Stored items
================================
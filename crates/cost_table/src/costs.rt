//! What a branch costs, as it is told.

/// How far a branch moves ap.
#[derive(Clone, Copy, Debug, PartialEq, Eq, Drop)]
pub enum ApChange {
    /// Up by so many cells.
    Known(u32),
    /// By a number of cells that isn't known before the program runs.
    Unknown,
}

/// What a branch costs: 100 gas for each step, 70 for each range check and 10 for each hole.
#[derive(Clone, Copy, Debug, PartialEq, Eq, Drop)]
pub struct Cost {
    /// Steps, a share of the squash of a dictionary included.
    pub steps: u32,
    /// Range checks, a share of the squash included.
    pub checks: u32,
    /// Cells that are left unused.
    pub holes: u32,
    /// How far ap moves. That `finalize_locals` moves it by the cells of the locals is not in it.
    pub ap: ApChange,
}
================================
Show the lines above with "moves".

ANSWER SECTION -
/// How far a branch moves ap.
    /// How far ap moves. That `finalize_locals` moves it by the cells of the locals is not in it.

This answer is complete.